** Assignment **
This exercise calls for every line of the data below with the string "that" in it.

··· Extracted material

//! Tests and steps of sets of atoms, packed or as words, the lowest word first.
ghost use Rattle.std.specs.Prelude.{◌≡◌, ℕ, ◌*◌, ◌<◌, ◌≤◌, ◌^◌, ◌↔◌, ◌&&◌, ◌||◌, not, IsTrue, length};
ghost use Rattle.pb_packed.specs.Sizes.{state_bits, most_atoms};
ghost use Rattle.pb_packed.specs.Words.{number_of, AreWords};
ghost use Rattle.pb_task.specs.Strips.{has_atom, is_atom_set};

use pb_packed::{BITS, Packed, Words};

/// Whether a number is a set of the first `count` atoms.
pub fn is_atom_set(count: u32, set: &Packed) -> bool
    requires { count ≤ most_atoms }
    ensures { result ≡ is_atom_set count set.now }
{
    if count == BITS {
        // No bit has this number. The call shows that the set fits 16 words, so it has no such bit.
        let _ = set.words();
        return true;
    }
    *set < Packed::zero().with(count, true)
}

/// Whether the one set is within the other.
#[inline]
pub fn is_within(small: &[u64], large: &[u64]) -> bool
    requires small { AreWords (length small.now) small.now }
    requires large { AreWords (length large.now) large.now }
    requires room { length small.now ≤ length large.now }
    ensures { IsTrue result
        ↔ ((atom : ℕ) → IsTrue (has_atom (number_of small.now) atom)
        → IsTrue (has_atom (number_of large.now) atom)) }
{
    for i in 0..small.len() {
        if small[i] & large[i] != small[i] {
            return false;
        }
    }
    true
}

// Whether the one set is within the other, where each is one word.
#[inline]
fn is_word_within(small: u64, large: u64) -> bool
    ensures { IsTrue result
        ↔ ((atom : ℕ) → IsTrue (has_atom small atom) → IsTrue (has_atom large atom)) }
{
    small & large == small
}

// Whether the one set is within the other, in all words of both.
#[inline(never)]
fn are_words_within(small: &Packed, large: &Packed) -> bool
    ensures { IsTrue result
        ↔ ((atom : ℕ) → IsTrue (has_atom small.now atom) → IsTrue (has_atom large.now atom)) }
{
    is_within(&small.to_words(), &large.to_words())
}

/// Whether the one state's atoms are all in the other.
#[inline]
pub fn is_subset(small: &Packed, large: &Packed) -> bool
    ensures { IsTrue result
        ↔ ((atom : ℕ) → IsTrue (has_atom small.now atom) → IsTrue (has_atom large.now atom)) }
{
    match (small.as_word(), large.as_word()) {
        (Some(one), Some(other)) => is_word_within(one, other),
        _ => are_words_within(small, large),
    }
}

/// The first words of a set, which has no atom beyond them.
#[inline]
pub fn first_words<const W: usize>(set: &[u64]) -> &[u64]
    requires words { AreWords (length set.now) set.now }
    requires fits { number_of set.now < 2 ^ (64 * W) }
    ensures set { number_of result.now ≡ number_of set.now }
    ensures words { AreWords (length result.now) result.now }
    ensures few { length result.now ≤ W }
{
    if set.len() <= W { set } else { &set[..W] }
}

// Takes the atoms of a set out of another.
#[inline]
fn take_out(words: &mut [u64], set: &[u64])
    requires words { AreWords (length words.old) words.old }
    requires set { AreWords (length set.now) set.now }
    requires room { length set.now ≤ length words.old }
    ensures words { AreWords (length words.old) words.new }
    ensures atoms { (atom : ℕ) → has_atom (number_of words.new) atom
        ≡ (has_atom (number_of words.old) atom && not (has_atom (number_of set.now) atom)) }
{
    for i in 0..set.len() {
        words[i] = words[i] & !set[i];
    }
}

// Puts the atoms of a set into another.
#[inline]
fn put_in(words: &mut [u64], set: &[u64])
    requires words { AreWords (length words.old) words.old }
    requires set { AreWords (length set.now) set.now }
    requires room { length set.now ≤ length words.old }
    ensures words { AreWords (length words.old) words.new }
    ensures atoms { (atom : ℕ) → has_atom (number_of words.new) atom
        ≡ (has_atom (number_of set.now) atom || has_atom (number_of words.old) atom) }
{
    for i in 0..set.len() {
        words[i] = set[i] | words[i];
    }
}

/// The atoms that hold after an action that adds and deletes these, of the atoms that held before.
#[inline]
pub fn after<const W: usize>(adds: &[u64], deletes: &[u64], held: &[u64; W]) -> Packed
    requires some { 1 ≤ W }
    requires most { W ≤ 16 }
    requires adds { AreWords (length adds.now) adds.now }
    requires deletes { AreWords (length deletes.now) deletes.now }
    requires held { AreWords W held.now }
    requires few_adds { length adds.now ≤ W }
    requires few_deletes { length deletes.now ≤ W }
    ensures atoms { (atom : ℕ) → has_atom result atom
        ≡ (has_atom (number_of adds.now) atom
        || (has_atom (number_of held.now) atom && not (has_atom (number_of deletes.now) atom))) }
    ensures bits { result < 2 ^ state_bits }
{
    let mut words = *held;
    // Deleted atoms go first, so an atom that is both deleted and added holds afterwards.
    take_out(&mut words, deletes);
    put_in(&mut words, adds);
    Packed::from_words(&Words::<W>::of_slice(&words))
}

······

** Task answer **
        // No bit has this number. The call shows that the set fits 16 words, so it has no such bit.
/// The atoms that hold after an action that adds and deletes these, of the atoms that held before.
    // Deleted atoms go first, so an atom that is both deleted and added holds afterwards.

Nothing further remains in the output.